Suppose the following takes place in the category of sets.

Let $f:X \rightarrow 0$ be any morphism into the initial object. I want to prove that the unique ${!}:0 \rightarrow X$ is an inverse to $f$. That $f {!} =id$ is clear since $0$ is initial, but the other way i can't see what to do other than use the fact that the category has exponentials.

Solution (possible):

Since the unique arrow $0 \to X$ corresponds to any $X \times 0 \to X$ which correspond to $0 \to X^X$ of which there is only one, the constant map sending everything to the identity. Hence, ${!} \circ f = id$.

Answer 1

It generalizes to cartesian closed categories. You want to show that in such a category, if there is an arrow $X\to 0$, then $X\simeq 0$.
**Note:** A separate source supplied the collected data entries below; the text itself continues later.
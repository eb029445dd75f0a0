//! Small stories of one byte. The expected answers are worked out by hand.
use std::alloc::{AllocError, Global};
use std::test::Fail;
use sv_mask::{Stages, Usage, Usages};
use sv_model::work::{Access, Area, Dep, Group, Kind, Place, Track, What};
use sv_range::{List, Span};
use sv_state::CellState;

// Stages, and usages at them: reads and writes of copies, reads of blits, sampled reads and storage writes of
// fragment shaders.
const COPY: u32 = 1 << 12;

const BLIT: u32 = 1 << 14;

const COMPUTE: u32 = 1 << 11;

const COPY_READ: u8 = 34;

const BLIT_READ: u8 = 36;

const COPY_WRITE: u8 = 37;

const SAMPLED_READ: u8 = 20;

const STORAGE_WRITE: u8 = 22;

// What is done to a state.
#[derive(Clone, Copy)]
enum Move {
    // An access of the queue in each step from the first one up to the end.
    Use {
        queue: u32,
        usage: u8,
        first: u64,
        end: u64,
    },
    // A barrier of queue 0: the stages and usages of its two scopes.
    Barrier {
        step: u64,
        s1: u32,
        a1: u64,
        s2: u32,
        a2: u64,
    },
    Restart,
    // A copy takes the state's place.
    Copy,
}

// What is done to the state, how many accesses are kept then, and with which step a later access of queue 0
// races.
#[derive(Clone, Copy)]
struct Row {
    moves: &'static [Move],
    kept: usize,
    later: u8,
    races: Option<(u64, Kind)>,
}

const WRITE: Move = Move::Use {
    queue: 0,
    usage: COPY_WRITE,
    first: 0,
    end: 1,
};

const READ: Move = Move::Use {
    queue: 0,
    usage: COPY_READ,
    first: 0,
    end: 1,
};

const THEN_BLIT_READ: Move = Move::Use {
    queue: 0,
    usage: BLIT_READ,
    first: 1,
    end: 2,
};

// Behind these stages, whose writes are not made available, come copies.
const COPY_TO_COPY: Move = Move::Barrier {
    step: 2,
    s1: COPY,
    a1: 0,
    s2: COPY,
    a2: 0,
};

const BLIT_TO_COPY: Move = Move::Barrier {
    step: 2,
    s1: BLIT,
    a1: 0,
    s2: COPY,
    a2: 0,
};

const BOTH_TO_COPY: Move = Move::Barrier {
    step: 2,
    s1: COPY | BLIT,
    a1: 0,
    s2: COPY,
    a2: 0,
};

// The writes of copies are made available and visible to their reads.
const WRITES_TO_READS: Move = Move::Barrier {
    step: 1,
    s1: COPY,
    a1: 1 << 37,
    s2: COPY,
    a2: 1 << 34,
};

const WRITES_TO_COMPUTE: Move = Move::Barrier {
    step: 1,
    s1: COPY,
    a1: 1 << 37,
    s2: COMPUTE,
    a2: 0,
};

// To the sampled reads of fragment shaders and the stages behind: from compute shaders and indirect draws,
// and from vertex shaders and the stages before.
const COMPUTE_TO_FRAGMENT: Move = Move::Barrier {
    step: 2,
    s1: COMPUTE | 1,
    a1: 0,
    s2: 0x700,
    a2: 1 << 20,
};

const VERTEX_TO_FRAGMENT: Move = Move::Barrier {
    step: 2,
    s1: 0xf,
    a1: 0,
    s2: 0x700,
    a2: 1 << 20,
};

// From copies to vertex shaders and the graphics stages behind.
const COPY_TO_VERTEX: Move = Move::Barrier {
    step: 1,
    s1: COPY,
    a1: 1 << 37,
    s2: 0x7f8,
    a2: 1 << 6,
};

static ROWS: [Row; 18] = [
    Row {
        moves: &[],
        kept: 0,
        later: COPY_WRITE,
        races: None,
    },
    // of a thousand reads the last one is kept
    Row {
        moves: &[Move::Use {
            queue: 0,
            usage: COPY_READ,
            first: 0,
            end: 1000,
        }],
        kept: 1,
        later: COPY_WRITE,
        races: Some((999, Kind::War)),
    },
    Row {
        moves: &[Move::Use {
            queue: 0,
            usage: COPY_READ,
            first: 0,
            end: 1000,
        }],
        kept: 1,
        later: COPY_READ,
        races: None,
    },
    // reads of two queues
    Row {
        moves: &[
            READ,
            Move::Use {
                queue: 1,
                usage: COPY_READ,
                first: 1,
                end: 2,
            },
        ],
        kept: 2,
        later: COPY_WRITE,
        races: Some((1, Kind::War)),
    },
    // reads at two stages: none is ordered, one of the two, both
    Row {
        moves: &[READ, THEN_BLIT_READ],
        kept: 2,
        later: COPY_WRITE,
        races: Some((1, Kind::War)),
    },
    Row {
        moves: &[READ, THEN_BLIT_READ, COPY_TO_COPY],
        kept: 2,
        later: COPY_WRITE,
        races: Some((1, Kind::War)),
    },
    Row {
        moves: &[READ, THEN_BLIT_READ, BLIT_TO_COPY],
        kept: 2,
        later: COPY_WRITE,
        races: Some((0, Kind::War)),
    },
    Row {
        moves: &[READ, THEN_BLIT_READ, BOTH_TO_COPY],
        kept: 2,
        later: COPY_WRITE,
        races: None,
    },
    // the write takes the place of both
    Row {
        moves: &[
            READ,
            THEN_BLIT_READ,
            BOTH_TO_COPY,
            Move::Use {
                queue: 0,
                usage: COPY_WRITE,
                first: 3,
                end: 4,
            },
        ],
        kept: 1,
        later: COPY_READ,
        races: Some((3, Kind::Raw)),
    },
    // a write, and what comes behind a barrier
    Row {
        moves: &[WRITE],
        kept: 1,
        later: COPY_READ,
        races: Some((0, Kind::Raw)),
    },
    Row {
        moves: &[WRITE, WRITES_TO_READS],
        kept: 1,
        later: COPY_READ,
        races: None,
    },
    Row {
        moves: &[WRITE, WRITES_TO_READS],
        kept: 1,
        later: COPY_WRITE,
        races: Some((0, Kind::Waw)),
    },
    Row {
        moves: &[WRITE, COPY_TO_COPY],
        kept: 1,
        later: COPY_READ,
        races: Some((0, Kind::Raw)),
    },
    // two barriers, of which the second goes on from the first or does not
    Row {
        moves: &[WRITE, WRITES_TO_COMPUTE, COMPUTE_TO_FRAGMENT],
        kept: 1,
        later: SAMPLED_READ,
        races: None,
    },
    Row {
        moves: &[WRITE, WRITES_TO_COMPUTE, Move::Copy, VERTEX_TO_FRAGMENT],
        kept: 1,
        later: SAMPLED_READ,
        races: Some((0, Kind::Raw)),
    },
    // stages suffice for what was read, and not for what was written
    Row {
        moves: &[READ, Move::Copy, COPY_TO_VERTEX, Move::Copy],
        kept: 1,
        later: STORAGE_WRITE,
        races: None,
    },
    Row {
        moves: &[WRITE, COPY_TO_VERTEX, Move::Copy],
        kept: 1,
        later: STORAGE_WRITE,
        races: Some((0, Kind::Waw)),
    },
    Row {
        moves: &[WRITE, Move::Restart],
        kept: 0,
        later: COPY_READ,
        races: None,
    },
];

fn place() -> Place {
    Place {
        event: 0,
        batch: 0,
        slot: 0,
        rec: 0,
        cmd: 0,
    }
}

fn byte() -> Area {
    Area::Bytes {
        res: 0,
        span: Span { start: 8, end: 9 },
    }
}

fn access(queue: u32, usage: u8, step: u64) -> Access {
    Access {
        area: byte(),
        what: What::Use(Usage(usage)),
        queue,
        sub: None,
        layout: None,
        place: place(),
        step,
        pos: 0,
    }
}

fn group_of(alloc: Global, step: u64, dep: Dep) -> Result<Group, AllocError> {
    let deps = vec![in alloc; dep]?;
    Ok(Group {
        step,
        place: place(),
        deps: List::from_vec(deps),
        transitions: List::new(alloc),
        olds: List::new(alloc),
        transfer: None,
    })
}

fn barrier(s1: u32, a1: u64, s2: u32, a2: u64) -> Dep {
    Dep {
        from: Track::Queue(0),
        s1: Stages(s1),
        a1: Usages(a1),
        to: Track::Queue(0),
        s2: Stages(s2),
        a2: Usages(a2),
        range: None,
    }
}

fn record_each(
    state: &mut CellState,
    queue: u32,
    usage: u8,
    first: u64,
    end: u64,
) -> Result<(), AllocError> {
    for step in first..end {
        state.record(&[access(queue, usage, step)])?;
    }
    Ok(())
}

fn make(alloc: Global, state: &mut CellState, next: Move) -> Result<(), AllocError> {
    match next {
        Move::Use {
            queue,
            usage,
            first,
            end,
        } => record_each(state, queue, usage, first, end),
        Move::Barrier {
            step,
            s1,
            a1,
            s2,
            a2,
        } => {
            let group = group_of(alloc, step, barrier(s1, a1, s2, a2))?;
            state.extend(&group, &byte())
        }
        Move::Restart => {
            state.restart();
            Ok(())
        }
        Move::Copy => {
            let copied = state.copy()?;
            *state = copied;
            Ok(())
        }
    }
}

fn state_after(alloc: Global, moves: &[Move]) -> Result<CellState, AllocError> {
    let mut state = CellState::new(alloc);
    for next in moves {
        make(alloc, &mut state, *next)?;
    }
    Ok(state)
}

// The step and the kind of what the access races with.
fn races(state: &CellState, access: &Access) -> Option<(u64, Kind)> {
    match state.check(access, None) {
        None => None,
        Some(partner) => Some((partner.access.step, partner.kind)),
    }
}

fn agrees(alloc: Global, row: &Row) -> Result<bool, AllocError> {
    let state = state_after(alloc, row.moves)?;
    let later = access(0, row.later, 5000);
    Ok(state.kept() == row.kept && races(&state, &later) == row.races)
}

#[test]
fn races_are_found_among_what_is_kept(rt: HostRuntime) -> Result<(), Fail> {
    for index in 0..ROWS.len() {
        let agrees = agrees(rt.alloc(), &ROWS[index])?;
        assert!(rt; agrees, "row {index}");
    }
    Ok(())
}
So assume you have such an arrow and consider the arrow $g: X\to X\times 0$ that you get from it and $id_X$, and $pr$ the projection $X\times 0\to X$. Then $g\circ pr : X\times 0 \to X\times 0$, and so as $X\times 0$ is initial in a ccc (I think I've shown this in another post), $g\circ pr = id_{X\times 0}$. Moreover by definition of $g$, $pr\circ g = id_X$. Thus $X\simeq X\times 0 \simeq 0$, $X$ is initial and that works.
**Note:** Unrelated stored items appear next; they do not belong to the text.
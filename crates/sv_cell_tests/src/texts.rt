//! The lines of traces that declare two queues of the families 0 and 1, a buffer 0 of 64 bytes and an image
//! 1 of 3 mips with 4 layers.
pub const PLAIN: &str = r#"{"op":"queue","queue":0,"family":0,"lane":0}
{"op":"queue","queue":1,"family":1,"lane":1}
{"op":"buffer","res":0,"size":64}
{"op":"image","res":1,"mips":3,"layers":4}
"#;

/// The image is preinitialized.
pub const PREINITIALIZED: &str =
    r#"{"op":"image","res":1,"mips":3,"layers":4,"initial":"preinitialized"}
"#;

/// Both are concurrent.
pub const CONCURRENT: &str = r#"{"op":"queue","queue":0,"family":0,"lane":0}
{"op":"queue","queue":1,"family":1,"lane":1}
{"op":"buffer","res":0,"size":64,"sharing":"concurrent"}
{"op":"image","res":1,"mips":3,"layers":4,"sharing":"concurrent"}
"#;

/// The buffer alone.
pub const BUFFER: &str = r#"{"op":"queue","queue":0,"family":0,"lane":0}
{"op":"buffer","res":0,"size":64}
"#;
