//! One report more, which goes on from the last one or begins a run.
ghost use Rattle.std.specs.Prelude.{◌≡◌, ◌↔◌, ◌++◌, OnOk, IsTrue};
ghost use Rattle.sv_model.specs.Cells.{EndsSmall};
ghost use Rattle.sv_model.specs.Reports.{Joins, IsRun, spots, spots_of};
ghost use Rattle.sv_runs.specs.Runs.{AreRuns, Grows};

use crate::areas::{follows, joined_area};
use std::alloc::AllocError;
use sv_model::same::is_same_access;
use sv_model::work::Report;
use sv_range::List;

// Whether the two reports have the same accesses and kind.
fn is_same_pair(first: &Report, second: &Report) -> bool
    ensures { IsTrue result ↔ ((first.now.later ≡ second.now.later)
        × (first.now.earlier ≡ second.now.earlier) × (first.now.kind ≡ second.now.kind)) }
{
    is_same_access(&first.later, &second.later)
        && is_same_access(&first.earlier, &second.earlier)
        && first.kind == second.kind
}

// Whether the two reports could be one.
fn joins(first: &Report, second: &Report) -> bool
    ensures { IsTrue result ↔ Joins first.now second.now }
{
    follows(first.area, second.area) && is_same_pair(first, second)
}

/// One more report: it goes on from the last one, or begins a run of its own.
pub fn add_run(reports: &mut List<Report>, report: Report) -> Result<(), AllocError>
    requires run { IsRun report.area }
    requires ends { EndsSmall report.area }
    requires runs { AreRuns reports.old }
    ensures whole { OnOk result (spots_of reports.new ≡ spots_of reports.old ++ spots report) }
    ensures runs { OnOk result (AreRuns reports.new) }
    ensures grown { OnOk result (Grows reports.old report reports.new) }
{
    match reports.pop() {
        None => reports.push_or_drop(report),
        Some(last) => {
            if joins(&last, &report) {
                let area = joined_area(last.area, report.area);
                reports.push_or_drop(Report { area, ..last })
            } else {
                reports.push_or_drop(last)?;
                reports.push_or_drop(report)
            }
        }
    }
}
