//! Areas of buffer 0 and of image 1, as tables write them.
use sv_model::work::Area;
use sv_range::{Cells, Span};

/// The bytes of the buffer from one to another, which is not included; or of the image the first mip, the
/// number of mips, the first layer and the number of layers.
#[derive(Clone, Copy, PartialEq)]
pub enum At {
    Bytes(u64, u64),
    Image(u32, u32, u32, u32),
}

impl At {
    pub fn area(self) -> Area {
        match self {
            At::Bytes(start, end) => Area::Bytes {
                res: 0,
                span: Span { start, end },
            },
            At::Image(mip, mips, layer, layers) => Area::Image {
                res: 1,
                cells: Cells {
                    mip,
                    mips,
                    layer,
                    layers,
                },
            },
        }
    }
}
(I advise you to draw the diagrams to see it clearly)

If you want another proof that $X\times 0$ is initial in a cartesian closed category, let me know (that's where you use the exponentials)

Answer 2

It is not true in an arbitrary category. For example, in the category of sets and partial functions, the empty set is an initial object -- but the everywhere undefined function $X\to\varnothing$ is not an isomorphism unless $X$ is itself empty.

Therefore you have to use something that is specific to $\mathbf{Set}$ here. And then you might as well be concrete and admit that $\varnothing$ is the only initial object, and the only map into $\varnothing$ is the empty function $\varnothing\to\varnothing$, and that happens to be an isomorphism.